Results and Discussion

Hydrodynamic Chromatography

Hydrodynamic chromatography (HDC) is a technique in which macromolecules and particles are separated according to size in a column packed with solid or porous beads. It is a rapid and, in principle, convenient method to obtain a fingerprint of the size distribution of particles. Large particles will migrate at average velocities corresponding to the faster streamlines, whereas the smaller particles can also occupy the much slower streamlines close to the walls of the channel (See Section S-1 for a more detailed explanation).

While HDC separations can be carried out on columns with porous particles, we chose to utilize nonporous particles as the stationary phase to rule out separation based on permeation. For such stationary phases, the HDC domain utilizes a rather narrow domain generally between 0.8 < τ < 1.0, where τ is the ratio between the analyte elution time (or volume) and the dead time (or volume) of the column (τ = te/t0 = Ve/V0). However, the used column featured a dead volume of approximately 14 mL. As a result, at a flow rate of 1 mL min–1, the first 12 mL (V0 ≈ 14 mL; τ ≈ 0.85) of the separation fell outside of the HDC domain and were not helpful (see Figure S-1A). In LC × LC, with a first-dimension flow rate at least 1 order of magnitude lower, the prospect of waiting for this volume to elute is certainly not attractive.

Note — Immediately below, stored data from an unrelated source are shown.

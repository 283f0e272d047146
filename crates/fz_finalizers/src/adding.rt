//! Cleanups.

ghost use Rattle.std.specs.Prelude.{◌≡◌, ◌≤◌, ◌<◌, ◌+◌, length, IfOk, IfErr, OnOk, OnErr, IsTrue};
ghost use Rattle.std.specs.FinMap.{get, len};
ghost use Rattle.fz_finalizers.specs.Causes.{IsJudgedBy, IsJudgedOrLacks, add_causes};
ghost use Rattle.fz_finalizers.specs.Follows.{Follows, AddCleanup, Cancel};
ghost use Rattle.fz_table.specs.declared.limits.TheConstants.{MOST_ENTRIES};
ghost use Rattle.fz_finalizers.specs.States.{IsRoomier, Spends, UsesEntry};
ghost use Rattle.fz_finalizers.specs.Walks.{AreCleanups};

use crate::cleanups::{Attached, Cleanup, Cleanups};
use crate::finalizers::Finalizers;
use crate::refused::Refused;
use fz_model::{Addr, COUNT_LIMIT};
use fz_table::{MOST_ENTRIES, Pairs, Table};

/// Checks that a cleanup can be added to the object, apart from memory.
fn check(table: &Table, cleanups: &Cleanups, object: Addr) -> Result<(), Refused>
    ensures { IsJudgedBy (add_causes cleanups.now.cleanups table.now.next_number object) result }
{
    if object == 0 {
        return Err(Refused::Zero);
    }
    if table.next_number() >= COUNT_LIMIT {
        return Err(Refused::Exhausted);
    }
    if cleanups.len() as u64 >= MOST_ENTRIES {
        return Err(Refused::Full);
    }
    Ok(())
}

impl Finalizers {
    /// Adds a cleanup to an object, which may have others and a finalizer, and returns its number. A number belongs to one cleanup or one registration.
    ///
    /// When the object is lost, an entry without the object is queued: the entry's object and birth are 0, and its `reg` is this number. So the object's memory
    /// can be reclaimed after the same pass. Until then the client data is a root, and the object isn't. A new object at the same address would inherit the
    /// cleanup, so a host that reclaims objects at other times than after a pass has to cancel their cleanups.
    ///
    /// Fails with, in this order: `Zero` if the object is 0, `Exhausted` after 2^48 numbers, `Full` if there are 2^32 cleanups, `NoMemory`.
    pub fn add_cleanup(&mut self, object: Addr, cleanup: Cleanup) -> Result<u64, Refused>
        ensures judged { IsJudgedOrLacks (add_causes self.old.cleanups self.old.next_number object) result }
        // Only a call without reserved room can run out of memory.
        ensures wanting { IfErr result (λ r. r ≡ Refused.NoMemory → self.old.rooms.cleanups ≡ 0) }
        ensures refused { OnErr result (self.new.state ≡ self.old.state) }
        ensures number { IfOk result (λ number. number ≡ self.old.next_number) }
        ensures follows { OnOk result (Follows self.old.state (AddCleanup object cleanup) self.new.state) }
        ensures whole { self.new.memory.whole ≡ self.old.memory.whole }
        ensures memory { IsTrue self.old.memory.whole → self.new.memory ≡ self.old.memory }
        ensures room { Spends UsesEntry result self.old.rooms self.new.rooms }
    {
        check(&self.table, &self.cleanups, object)?;
        self.ready
            .reserve(self.table.len() + self.cleanups.len() + 1)?;
        let number = self.table.next_number();
        self.cleanups.add(number, Attached { object, cleanup })?;
        Ok(self.table.take_number())
    }

    /// Checks an object as `add_cleanup` does, apart from memory.
    pub fn check_cleanup(&self, object: Addr) -> Result<(), Refused>
        ensures judged { IsJudgedBy (add_causes self.now.cleanups self.now.next_number object) result }
    {
        let (table, cleanups) = (&self.table, &self.cleanups);
        check(table, cleanups, object)
    }

    /// Removes a cleanup, and returns it with its object. Returns none if it was queued or cancelled, or never added.
    pub fn cancel(&mut self, number: u64) -> Option<Attached>
        ensures answer { result ≡ get self.old.cleanups number }
        ensures follows { Follows self.old.state (Cancel number) self.new.state }
        ensures memory { self.new.memory ≡ self.old.memory }
        ensures room { IsRoomier self.old.rooms self.new.rooms }
    {
        self.cleanups.remove(number)
    }

    /// The cleanup with this number, with its object, unless it was queued or cancelled.
    pub fn cleanup(&self, number: u64) -> Option<Attached>
        ensures { result ≡ get self.now.cleanups number }
    {
        self.cleanups.get(number)
    }

    /// The number of cleanups.
    pub fn cleanups(&self) -> u64
        ensures { result ≡ len self.now.cleanups }
    {
        self.cleanups.len() as u64
    }

    /// All cleanups with their numbers, each once. The order stays the same until the next call that takes `&mut self`, so an iteration can continue later from
    /// an index.
    pub fn iter_cleanups(&self) -> Pairs<'_, u64, Attached>
        ensures all { AreCleanups self.now.state result }
        ensures count { length result ≡ len self.now.cleanups }
        ensures limit { length result ≤ MOST_ENTRIES }
        ensures order { result ≡ self.now.order.cleanups }
    {
        self.cleanups.iter()
    }
}
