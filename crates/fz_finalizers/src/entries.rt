//! Taking and finishing entries.

ghost use Rattle.std.specs.Prelude.{◌≡◌, [], length, MatchOption, OnOk, OnErr, IsTrue, MatchResult};
ghost use Rattle.fz_finalizers.specs.Causes.{IsJudgedBy, finish_causes};
ghost use Rattle.fz_finalizers.specs.Follows.{Follows, Take, TakeFinished, Finish};
ghost use Rattle.fz_finalizers.specs.States.{is_held, waiting, IsRoomier};

use crate::finalizers::Finalizers;
use crate::refused::Refused;
use fz_model::Entry;

impl Finalizers {
    /// Takes the first waiting entry. It is held until it is finished: its object and its client data stay roots.
    pub fn take(&mut self) -> Option<Entry>
        ensures takes { MatchOption result ((waiting self.old.state ≡ []) × (self.new.state ≡ self.old.state)) (λ entry. Follows self.old.state (Take entry) self.new.state) }
        ensures memory { self.new.memory ≡ self.old.memory }
        ensures room { IsRoomier self.old.rooms self.new.rooms }
    {
        self.ready.take()
    }

    /// Finishes a held entry. Fails with `NotHeld` if no held entry equals this one in all fields.
    pub fn finish(&mut self, entry: &Entry) -> Result<(), Refused>
        ensures judged { IsJudgedBy (finish_causes self.old.held entry.now) result }
        ensures refused { OnErr result (self.new.state ≡ self.old.state) }
        ensures follows { OnOk result (Follows self.old.state (Finish entry.now) self.new.state) }
        ensures memory { self.new.memory ≡ self.old.memory }
        ensures room { IsRoomier self.old.rooms self.new.rooms }
    {
        if !self.ready.finish(entry) {
            return Err(Refused::NotHeld);
        }
        Ok(())
    }

    /// Takes the first waiting entry and finishes it at once, for a finalizer that may never return. Its object and its client data are no longer roots.
    pub fn take_finished(&mut self) -> Option<Entry>
        ensures takes { MatchOption result ((waiting self.old.state ≡ []) × (self.new.state ≡ self.old.state)) (λ entry. Follows self.old.state (TakeFinished entry) self.new.state) }
        ensures memory { self.new.memory ≡ self.old.memory }
        ensures room { IsRoomier self.old.rooms self.new.rooms }
    {
        self.ready.take_finished()
    }

    /// Whether a held entry equals this one in all fields.
    pub fn is_held(&self, entry: &Entry) -> bool
        ensures { result ≡ is_held self.now.held entry.now }
    {
        self.ready.is_held(entry)
    }

    /// How many entries wait to be taken.
    pub fn waiting(&self) -> u64
        ensures { result ≡ length (waiting self.now.state) }
    {
        self.ready.waiting()
    }

    /// How many entries are held.
    pub fn held(&self) -> u64
        ensures { result ≡ length self.now.held }
    {
        self.ready.held()
    }

    /// How many entries were ever queued.
    pub fn queued(&self) -> u64
        ensures { result ≡ length self.now.queue }
    {
        self.ready.queued()
    }

    /// The number of passes so far.
    pub fn passes(&self) -> u64
        ensures { result ≡ self.now.passes }
    {
        self.passes
    }
}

Fortunately, the band broadening does not heavily depend on the flow rate (see Figure S-1 for an expanded explanation).[26−28] Consequently, we increased the flow rate to flush through the first 11.9 mL of eluent. This essentially reduced the analysis time for the 1D-HDC method to 3 min, and the analysis time for the 2D-LC method to 60 min, as will be shown later.

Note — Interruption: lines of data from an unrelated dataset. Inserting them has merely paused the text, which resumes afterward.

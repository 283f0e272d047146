//! Links of one kind, with room reserved for their moves.

ghost use Rattle.std.specs.Prelude.{◌≡◌, ◌≤◌, ◌<◌, ◌+◌, ◌*◌, ◌⊎◌, [], ℕ, if◌then◌else◌, vec_capacity, None, IfOk, IfErr, OnOk, OnErr};
ghost use Rattle.std.specs.FinMap.{get, insert, len, contains_key};
ghost use Rattle.fz_finalizers.specs.Causes.{IsJudgedBy, IsJudgedOrLacks, link_causes, move_causes};
ghost use Rattle.fz_model.specs.Steps.{move_answer, moved_to};

use crate::refused::Refused;
use fz_links::Links;
use fz_model::{Addr, LinkAnswer, MoveAnswer};

/// Reserves room in the list of moves for half of this many links, and if it allocates, for an eighth more.
pub(crate) fn reserve_moves(moves: &mut Vec<(Addr, Addr)>, links: usize) -> Result<(), Refused>
    requires empty { moves.old.items ≡ [] }
    ensures refused { IfErr result (λ r. r ≡ Refused.NoMemory) }
    ensures wanting { OnErr result (2 * vec_capacity moves.old < links) }
    ensures empty { moves.new.items ≡ [] }
    ensures kept { vec_capacity moves.old ≤ vec_capacity moves.new }
    ensures room { OnOk result (links ≤ 2 * vec_capacity moves.new) }
{
    let half = links.div_ceil(2);
    if half > moves.capacity() {
        moves.reserve_exact(half + half / 8)?;
    }
    Ok(())
}

/// Reserves room in the list of moves for one more link, unless the word has one.
#[tactic(auto, using(crate::proofs::Counting::len_grown, crate::proofs::Counting::len_known))]
fn make_room(links: &Links, moves: &mut Vec<(Addr, Addr)>, word: Addr) -> Result<(), Refused>
    requires empty { moves.old.items ≡ [] }
    requires room { len links.now.links ≤ 2 * vec_capacity moves.old }
    ensures refused { IfErr result (λ r. r ≡ Refused.NoMemory) }
    ensures fresh { OnErr result (get links.now.links word ≡ None) }
    ensures wanting { OnErr result (2 * vec_capacity moves.old ≤ len links.now.links) }
    ensures empty { moves.new.items ≡ [] }
    ensures kept { vec_capacity moves.old ≤ vec_capacity moves.new }
    ensures room { OnOk result ((target : ℕ) → len (insert links.now.links word target) ≤ 2 * vec_capacity moves.new) }
{
    let Err(refused) = reserve_moves(moves, links.len() + 1) else {
        return Ok(());
    };
    if links.get(word).is_some() {
        return Ok(());
    }
    Err(refused)
}

/// Checks that the word can be linked to the target, apart from memory.
pub(crate) fn check(links: &Links, word: Addr, target: Addr) -> Result<(), Refused>
    ensures { IsJudgedBy (link_causes links.now.links word target) result }
{
    if word == 0 || target == 0 {
        return Err(Refused::Zero);
    }
    if links.lacks_place(word) {
        return Err(Refused::Full);
    }
    Ok(())
}

/// Registers a link from the word to the target.
pub(crate) fn link(
    links: &mut Links,
    moves: &mut Vec<(Addr, Addr)>,
    word: Addr,
    target: Addr,
) -> Result<LinkAnswer, Refused>
    requires empty { moves.old.items ≡ [] }
    requires room { len links.old.links ≤ 2 * vec_capacity moves.old }
    ensures judged { IsJudgedOrLacks (link_causes links.old.links word target) result }
    ensures fresh { IfErr result (λ r. r ≡ Refused.NoMemory → get links.old.links word ≡ None) }
    ensures wanting { IfErr result (λ r. r ≡ Refused.NoMemory → (links.old.room ≡ 0) ⊎ (2 * vec_capacity moves.old ≤ len links.old.links)) }
    ensures unchanged { OnErr result (links.new.links ≡ links.old.links) }
    ensures answer { IfOk result (λ answer. answer ≡ (if contains_key links.old.links word then LinkAnswer.Duplicate else LinkAnswer.Success)) }
    ensures linked { OnOk result (links.new.links ≡ insert links.old.links word target) }
    ensures empty { moves.new.items ≡ [] }
    ensures kept { vec_capacity moves.old ≤ vec_capacity moves.new }
    ensures room { len links.new.links ≤ 2 * vec_capacity moves.new }
    ensures roomier { links.old.room ≤ links.new.room + 1 }
    ensures spared { OnErr result (links.old.room ≤ links.new.room) }
{
    check(links, word, target)?;
    make_room(links, moves, word)?;
    links
        .register_checked(word, target)
        .map_err(|_| Refused::NoMemory)
}

/// Moves a link to another word; its target stays the same.
pub(crate) fn move_link(
    links: &mut Links,
    moves: &mut Vec<(Addr, Addr)>,
    word: Addr,
    to: Addr,
) -> Result<MoveAnswer, Refused>
    requires empty { moves.old.items ≡ [] }
    requires room { len links.old.links ≤ 2 * vec_capacity moves.old }
    ensures judged { IsJudgedBy (move_causes to) result }
    ensures unchanged { OnErr result (links.new.links ≡ links.old.links) }
    ensures answer { IfOk result (λ answer. answer ≡ move_answer links.old.links word to) }
    ensures moved { OnOk result (links.new.links ≡ moved_to links.old.links word to (get links.old.links word)) }
    ensures empty { moves.new.items ≡ [] }
    ensures kept { vec_capacity moves.old ≤ vec_capacity moves.new }
    ensures count { len links.new.links ≡ len links.old.links }
    // Only a new link uses room.
    ensures roomy { links.new.room ≡ links.old.room }
{
    if to == 0 {
        return Err(Refused::Zero);
    }
    Ok(links.move_within(word, to, moves))
}
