//! What a host registers.

ghost use Rattle.std.specs.Prelude.{◌≡◌};
ghost use Rattle.fz_finalizers.specs.Kinds.{table_kind, table_finalizer, is_late, of_table};

use fz_model::RegKind;

/// When the finalizer of an unreachable object is ready (gc.h): if no path leads to it from an unreachable registered object, not even from the object itself.
/// The kind of the object where a path begins decides by which of its pointers the path may begin. All further pointers count.
#[derive(Clone, Copy, Debug, PartialEq, Eq)]
pub enum Kind {
    /// A path may begin by any of its pointers (`GC_register_finalizer`).
    Normal,
    /// A path may begin by any of its pointers but those to itself (`GC_register_finalizer_ignore_self`).
    IgnoreSelf,
    /// No path begins at it, except one to an object of kind `Unreachable`. It still waits for others from which a path leads to it
    /// (`GC_register_finalizer_no_order`).
    NoOrder,
    /// As `Normal`, but a path to it may begin at a `NoOrder` object too (`GC_register_finalizer_unreachable`). It is queued after the other kinds of its
    /// pass.
    Unreachable,
}

/// A finalizer, as the host passes it to `register`.
#[derive(Clone, Copy, Debug, PartialEq, Eq)]
pub struct Finalizer {
    /// When it is ready.
    pub kind: Kind,
    /// The procedure to call: any number, which is returned in the entry.
    pub procedure: u64,
    /// The argument for the procedure: any number, too. If the host marks from it (`Root::RegisteredData`), it must not lead to the object of its registration,
    /// which would then never be queued.
    pub client_data: u64,
    /// Among finalizers queued by one pass, lower ranks come first.
    pub rank: u8,
}

impl Kind {
    /// Whether this is the kind that is judged after the others.
    pub(crate) fn is_late(self) -> bool
        ensures { result ≡ is_late self }
    {
        match self {
            Kind::Unreachable => true,
            Kind::Normal | Kind::IgnoreSelf | Kind::NoOrder => false,
        }
    }

    /// The kind of a registration, which its table has as one of the three kinds of the model and a flag.
    pub fn of_table(unreachable: bool, kind: RegKind) -> Kind
        ensures { result ≡ of_table unreachable kind }
    {
        if unreachable {
            return Kind::Unreachable;
        }
        match kind {
            RegKind::Normal => Kind::Normal,
            RegKind::IgnoreSelf => Kind::IgnoreSelf,
            RegKind::NoOrder => Kind::NoOrder,
        }
    }

    /// The kind as its table has it, without the flag.
    fn in_table(self) -> RegKind
        ensures { result ≡ table_kind self }
    {
        match self {
            Kind::Normal | Kind::Unreachable => RegKind::Normal,
            Kind::IgnoreSelf => RegKind::IgnoreSelf,
            Kind::NoOrder => RegKind::NoOrder,
        }
    }
}

impl Finalizer {
    /// The finalizer as its table has it, without the flag.
    pub(crate) fn in_table(self) -> fz_model::Finalizer
        ensures { result ≡ table_finalizer self }
    {
        fz_model::Finalizer {
            kind: self.kind.in_table(),
            procedure: self.procedure,
            client_data: self.client_data,
            rank: Some(self.rank),
        }
    }
}
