//! Ephemerons.

ghost use Rattle.std.specs.Prelude.{◌≡◌, ◌≤◌, ◌<◌, ◌+◌, ◌*◌, None, if◌then◌else◌, length, nat_eq, IfOk, IfErr, OnOk, OnErr};
ghost use Rattle.std.specs.FinMap.{get, len, from_entries};
ghost use Rattle.std.specs.List.{IsDistinct};
ghost use Rattle.std.specs.Map.{keys_of};
ghost use Rattle.fz_pass.specs.Keyed.{ephemeron_at, has_ephemeron, move_answer, of_kind};
ghost use Rattle.fz_finalizers.specs.Causes.{IsJudgedBy, IsJudgedOrLacks, link_causes, move_causes};
ghost use Rattle.fz_finalizers.specs.Follows.{Follows, Ephemeron, EndEphemeron, MoveEphemeron};
ghost use Rattle.fz_finalizers.specs.States.{IsRoomier};

use crate::finalizers::Finalizers;
use crate::refused::Refused;
use fz_model::{Addr, LinkAnswer, LinkKind, MoveAnswer};
use fz_pass::Ephemerons;
use fz_table::Pairs;

/// Checks that the word can be an ephemeron of the key, apart from memory.
fn check(ephemerons: &Ephemerons, kind: LinkKind, word: Addr, key: Addr) -> Result<(), Refused>
    ensures { IsJudgedBy (link_causes (of_kind ephemerons.now.ephemerons kind) word key) result }
{
    if word == 0 || key == 0 {
        return Err(Refused::Zero);
    }
    if ephemerons.lacks_place(kind, word) {
        return Err(Refused::Full);
    }
    Ok(())
}

impl Finalizers {
    /// Makes a word an ephemeron of a key. If it is one already, this replaces it. The word retains its value, which is what the word points to, only as long
    /// as both the key and the object in which the word lies are retained.
    ///
    /// The host has to ensure that the key is an object, and doesn't scan the word with the object in which it lies. Takes no room that `reserve` reserved, and
    /// reserves what a pass and a move need. Fails with, in this order: `Zero` if the word or the key is 0, `Full` if there are 2^32 others of the kind,
    /// `NoMemory`.
    pub fn ephemeron(
        &mut self,
        kind: LinkKind,
        word: Addr,
        key: Addr,
    ) -> Result<LinkAnswer, Refused>
        ensures judged { IsJudgedOrLacks (link_causes (of_kind self.old.ephemerons kind) word key) result }
        // Only a new ephemeron, or one that changes its kind, can run out of memory.
        ensures fresh { IfErr result (λ r. r ≡ Refused.NoMemory → get (of_kind self.old.ephemerons kind) word ≡ None) }
        ensures refused { OnErr result (self.new.state ≡ self.old.state) }
        ensures answer { IfOk result (λ answer. answer ≡ (if has_ephemeron self.old.ephemerons word then LinkAnswer.Duplicate else LinkAnswer.Success)) }
        ensures follows { OnOk result (Follows self.old.state (Ephemeron kind word key) self.new.state) }
        ensures memory { self.new.memory ≡ self.old.memory }
        ensures room { IsRoomier self.old.rooms self.new.rooms }
    {
        check(&self.ephemerons, kind, word, key)?;
        self.ephemerons
            .register(kind, word, key)
            .map_err(|_| Refused::NoMemory)
    }

    /// Ends the ephemeron of a word, and returns its kind and its key.
    pub fn end_ephemeron(&mut self, word: Addr) -> Option<(LinkKind, Addr)>
        ensures answer { result ≡ ephemeron_at self.old.ephemerons word }
        ensures follows { Follows self.old.state (EndEphemeron word) self.new.state }
        ensures memory { self.new.memory ≡ self.old.memory }
        ensures room { IsRoomier self.old.rooms self.new.rooms }
    {
        self.ephemerons.remove(word)
    }

    /// Moves an ephemeron from one word to another; its kind and its key stay the same. Takes no memory. Takes time proportional to the ephemerons when it
    /// rebuilds their table, as `move_link` does. Fails with `Zero` if the other word is 0.
    ///
    /// The results are tested in this order: `NotFound`, `Success` if the words are the same, `Duplicate`, `Success` after the move.
    pub fn move_ephemeron(&mut self, word: Addr, to: Addr) -> Result<MoveAnswer, Refused>
        ensures judged { IsJudgedBy (move_causes to) result }
        ensures refused { OnErr result (self.new.state ≡ self.old.state) }
        ensures answer { IfOk result (λ answer. answer ≡ move_answer self.old.ephemerons word to) }
        ensures follows { OnOk result (Follows self.old.state (MoveEphemeron word to) self.new.state) }
        ensures memory { self.new.memory ≡ self.old.memory }
        ensures room { IsRoomier self.old.rooms self.new.rooms }
    {
        if to == 0 {
            return Err(Refused::Zero);
        }
        Ok(self.ephemerons.move_word(word, to))
    }

    /// The kind and the key of a word's ephemeron.
    pub fn key(&self, word: Addr) -> Option<(LinkKind, Addr)>
        ensures { result ≡ ephemeron_at self.now.ephemerons word }
    {
        self.ephemerons.get(word)
    }

    /// All ephemerons of one kind with their keys, each once. The order stays the same until the next call that takes `&mut self`.
    pub fn iter_ephemerons(&self, kind: LinkKind) -> Pairs<'_, Addr, Addr>
        ensures all { from_entries result ≡ of_kind self.now.ephemerons kind }
        ensures once { IsDistinct nat_eq (keys_of result) }
        ensures count { length result ≡ len (of_kind self.now.ephemerons kind) }
    {
        self.ephemerons.iter(kind)
    }

    /// The number of ephemerons of both kinds.
    pub fn ephemeron_count(&self) -> u64
        ensures { result ≡ len self.now.ephemerons.short + len self.now.ephemerons.long }
    {
        self.ephemerons.len() as u64
    }
}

With the use of the developed method, a calibration curve using the PS standards could be constructed (see Figure S-1D). To determine the reliability of the pump carrying out the flush program in terms of displacement volume (and thus the variation in the calibration curve), the experiments were repeated five times. A standard deviation of 0.11 min was found at 40 μL min–1, corresponding with 4.4 μL in terms of elution volume. It was concluded that the variation was not significant.

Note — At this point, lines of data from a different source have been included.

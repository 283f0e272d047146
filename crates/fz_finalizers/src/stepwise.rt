//! Passes that are carried out by individual calls.

ghost use Rattle.std.specs.Prelude.{◌≡◌, ◌≤◌, ◌<◌, ◌+◌, is_some, IsTrue};
ghost use Rattle.std.specs.FinMap.{get};
ghost use Rattle.fz_pass.specs.All.{unknown};
ghost use Rattle.fz_pass.specs.Picking.{pick_of};
ghost use Rattle.fz_finalizers.specs.Follows.{Follows, Begin, Queue, QueueCleanup, next_pass};
ghost use Rattle.fz_finalizers.specs.States.{IsRoomier, KeepsWindow};

use crate::cleaning;
use crate::finalizers::Finalizers;
use fz_model::{Addr, Pick, Registration};

/// What the entry of an object's registration has.
fn pick_of(object: Addr, registration: Registration) -> Pick
    ensures { result ≡ pick_of registration object unknown }
{
    Pick {
        reg: registration.number,
        obj: object,
        birth: 0,
        proc: registration.proc,
        cd: registration.cd,
    }
}

impl Finalizers {
    /// Begins a pass whose decisions the caller makes, as `fz_machine` does; a host calls `pass`. Returns its number. From now on `queue` adds entries to it.
    pub fn begin_pass(&mut self) -> u64
        ensures number { result ≡ next_pass self.old.passes }
        ensures follows { Follows self.old.state Begin self.new.state }
        ensures whole { self.new.memory.whole ≡ self.old.memory.whole }
        ensures memory { IsTrue self.old.memory.whole → self.new.memory ≡ self.old.memory }
        ensures room { IsRoomier self.old.rooms self.new.rooms }
    {
        self.ready.reuse();
        self.passes = self.passes.saturating_add(1);
        self.passes
    }

    /// Appends an object's registration to the queue, as an entry of the last pass begun, with birth 0, and returns whether the object was registered. Takes
    /// no memory.
    pub fn queue(&mut self, object: Addr) -> bool
        ensures answer { result ≡ is_some (get self.old.registrations object) }
        ensures follows { Follows self.old.state (Queue object) self.new.state }
        ensures memory { KeepsWindow self.old.memory self.new.memory }
        ensures room { IsRoomier self.old.rooms self.new.rooms }
    {
        let Some(registration) = self.table.take(object) else {
            return false;
        };
        self.ready.push(self.passes, pick_of(object, registration));
        true
    }

    /// Removes a cleanup and appends its entry to the queue, as one of the last pass begun, and returns whether there was one. Takes no memory.
    pub fn queue_cleanup(&mut self, number: u64) -> bool
        ensures answer { result ≡ is_some (get self.old.cleanups number) }
        ensures follows { Follows self.old.state (QueueCleanup number) self.new.state }
        ensures memory { KeepsWindow self.old.memory self.new.memory }
        ensures room { IsRoomier self.old.rooms self.new.rooms }
    {
        let Some(attached) = self.cleanups.remove(number) else {
            return false;
        };
        self.ready
            .push(self.passes, cleaning::pick_of(number, attached));
        true
    }
}
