//! Finalizers whose host takes all entries of a pass at once, and says when finished ones are forgotten.

ghost use Rattle.std.specs.Prelude.{◌≡◌, ◌≤◌, ◌<◌, ◌+◌, ◌-◌, ◌*◌, ◌⊎◌, true, drop, length, slice_get, IfOk, IfErr, IfSome};
ghost use Rattle.std.specs.FinMap.{len};
ghost use Rattle.fz_model.specs.declared.answers.Entry.{Entry};
ghost use Rattle.fz_model.specs.declared.limits.TheConstants.{COUNT_LIMIT};
ghost use Rattle.fz_finalizers.specs.Follows.{Follows, TakeAll};
ghost use Rattle.fz_finalizers.specs.Queue.{IsFoundIn, IsFirstHeldFrom};
ghost use Rattle.fz_finalizers.specs.States.{opening, unfinished, waiting, IsRoomier, KeepsEntries};

use crate::finalizers::Finalizers;
use crate::refused::Refused;
use fz_model::Entry;
use std::alloc::Global;

impl Finalizers {
    /// Finalizers without registrations, of which only `forget` forgets finished entries. Fails with `NoMemory` if an allocation fails.
    pub fn whole(alloc: Global) -> Result<Finalizers, Refused>
        ensures refused { IfErr result (λ r. r ≡ Refused.NoMemory) }
        ensures opened { IfOk result (λ f. f.state ≡ opening) }
        ensures memory { IfOk result (λ f. f.memory ≡ record { whole = true; forgotten = 0; remembered = 0 }) }
    {
        let mut finalizers = Finalizers::new(alloc)?;
        finalizers.ready.keep_all();
        Ok(finalizers)
    }

    /// Takes all entries that wait, and returns their number. They are held until they are finished.
    pub fn take_all(&mut self) -> u64
        ensures follows { Follows self.old.state (TakeAll (waiting self.old.state)) self.new.state }
        ensures count { result ≡ length (waiting self.old.state) }
        ensures memory { self.new.memory ≡ self.old.memory }
        ensures room { IsRoomier self.old.rooms self.new.rooms }
    {
        self.ready.take_all()
    }

    /// Forgets finished entries, if there are more than 1 for each 16 unfinished ones, and returns how many it forgot. Frees their memory, except the room for
    /// the entries of `room` registrations, and at least of the registrations and cleanups that there are. Takes no memory. Takes time proportional to the
    /// entries in memory.
    pub fn forget(&mut self, room: usize) -> u64
        ensures state { self.new.state ≡ self.old.state }
        ensures whole { self.new.memory.whole ≡ self.old.memory.whole }
        ensures forgotten { (self.new.memory.forgotten ≡ self.old.memory.forgotten) ⊎ (self.new.memory.forgotten ≡ self.old.taken) }
        ensures few { 16 * self.new.memory.remembered ≤ 17 * length (unfinished self.old.state) }
        ensures freed { result + self.new.memory.remembered ≡ self.old.memory.remembered }
        ensures room { KeepsEntries (room - (len self.old.registrations + len self.old.cleanups)) self.old.rooms self.new.rooms }
    {
        let wanted = self.table.len() + self.cleanups.len();
        self.ready.forget_to(room.max(wanted))
    }

    /// The entries from number `forgotten` on, in order: all entries ever queued, if none was forgotten.
    pub fn window(&self) -> &[Entry]
        ensures queue { result.now ≡ drop self.now.memory.forgotten self.now.queue }
        ensures few { length self.now.queue ≤ COUNT_LIMIT }
    {
        self.ready.window()
    }

    /// The entry with this number, if it was queued and isn't both finished and forgotten.
    pub fn entry(&self, number: u64) -> Option<Entry>
        ensures shown { self.now.memory.forgotten ≤ number → result ≡ slice_get self.now.queue number }
        ensures kept { number < self.now.memory.forgotten → IsFoundIn (unfinished self.now.state) number result }
    {
        self.ready.find(number)
    }

    /// The first unfinished entry with a number of at least `from`.
    #[inline(always)]
    pub fn next_unfinished(&self, from: u64) -> Option<Entry>
        ensures next { IsFirstHeldFrom (unfinished self.now.state) from result }
        ensures within { IfSome result (λ e. e.seq < length self.now.queue) }
        ensures few { length self.now.queue ≤ COUNT_LIMIT }
    {
        self.ready.next_unfinished(from)
    }

    /// The number of the next registration.
    pub fn next_number(&self) -> u64
        ensures { result ≡ self.now.next_number }
    {
        self.table.next_number()
    }

    /// The number of the first entry that `window` returns. Of earlier entries only the unfinished ones are in memory.
    pub fn forgotten(&self) -> u64
        ensures { result ≡ self.now.memory.forgotten }
    {
        self.ready.forgotten()
    }

    /// How many entries are in memory.
    pub fn remembered(&self) -> u64
        ensures { result ≡ self.now.memory.remembered }
    {
        self.ready.remembered()
    }
}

Size-Exclusion Chromatography

While SEC has been often applied as second-dimension separation,[29,30] there is still room for improvement. SEC separations are typically carried out on relatively large columns, as the extent of separation (i.e., the difference ΔV in the elution volumes of different analytes) is proportional to the total pore volume.[31] However, since the 2D analysis typically has to be performed under significant time-pressure, very fast separations are desired. Fast separations are achieved in |LC by using short columns packed with (very) small particles. We have recently investigated the feasibility of using core–shell particles as the stationary phase and found that, within specific domains, the gained efficiency in SEC compensates for the loss of resolution as a result of a loss in pore volume.[25] To obtain as much resolution as possible under ultrahigh-pressure LC (UHPLC) conditions, three columns were coupled, the first of which was a nonmodified silica column to filter out any remaining water from the first-dimension fraction. After each experiment, all columns were regenerated to purge any remaining water.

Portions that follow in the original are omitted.